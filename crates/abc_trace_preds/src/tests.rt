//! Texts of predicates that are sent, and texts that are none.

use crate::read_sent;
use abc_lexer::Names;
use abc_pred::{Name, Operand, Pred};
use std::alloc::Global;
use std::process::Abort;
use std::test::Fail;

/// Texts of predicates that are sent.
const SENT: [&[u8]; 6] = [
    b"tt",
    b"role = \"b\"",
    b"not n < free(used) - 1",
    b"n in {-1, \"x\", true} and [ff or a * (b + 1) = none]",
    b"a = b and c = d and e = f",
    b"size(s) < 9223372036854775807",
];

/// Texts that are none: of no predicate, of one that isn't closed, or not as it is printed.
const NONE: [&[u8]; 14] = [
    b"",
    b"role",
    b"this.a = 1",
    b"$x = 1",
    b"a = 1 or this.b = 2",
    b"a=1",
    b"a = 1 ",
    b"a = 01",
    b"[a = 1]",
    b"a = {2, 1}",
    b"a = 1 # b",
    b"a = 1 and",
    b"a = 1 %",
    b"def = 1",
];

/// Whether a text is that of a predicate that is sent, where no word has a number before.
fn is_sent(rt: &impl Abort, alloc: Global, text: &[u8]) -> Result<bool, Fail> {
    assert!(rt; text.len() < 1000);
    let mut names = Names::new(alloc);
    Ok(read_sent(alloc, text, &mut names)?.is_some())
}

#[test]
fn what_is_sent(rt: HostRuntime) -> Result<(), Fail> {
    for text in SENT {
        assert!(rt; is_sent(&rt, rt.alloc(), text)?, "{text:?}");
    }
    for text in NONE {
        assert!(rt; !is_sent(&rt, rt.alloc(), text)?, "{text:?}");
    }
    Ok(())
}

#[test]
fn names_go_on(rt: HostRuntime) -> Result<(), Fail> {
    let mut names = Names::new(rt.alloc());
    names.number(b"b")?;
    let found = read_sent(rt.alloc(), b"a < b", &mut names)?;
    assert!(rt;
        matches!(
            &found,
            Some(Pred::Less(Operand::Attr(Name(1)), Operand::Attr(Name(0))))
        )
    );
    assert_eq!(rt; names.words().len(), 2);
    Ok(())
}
....
Assignment: Up to and including the line that contains "b and c = d", output the records above exactly, beginning with their first line.

Expected output:
filename crates/abc_trace_preds/src/tests.rt
//! Texts of predicates that are sent, and texts that are none.

use crate::read_sent;
use abc_lexer::Names;
use abc_pred::{Name, Operand, Pred};
use std::alloc::Global;
use std::process::Abort;
use std::test::Fail;

/// Texts of predicates that are sent.
const SENT: [&[u8]; 6] = [
    b"tt",
    b"role = \"b\"",
    b"not n < free(used) - 1",
    b"n in {-1, \"x\", true} and [ff or a * (b + 1) = none]",
    b"a = b and c = d and e = f",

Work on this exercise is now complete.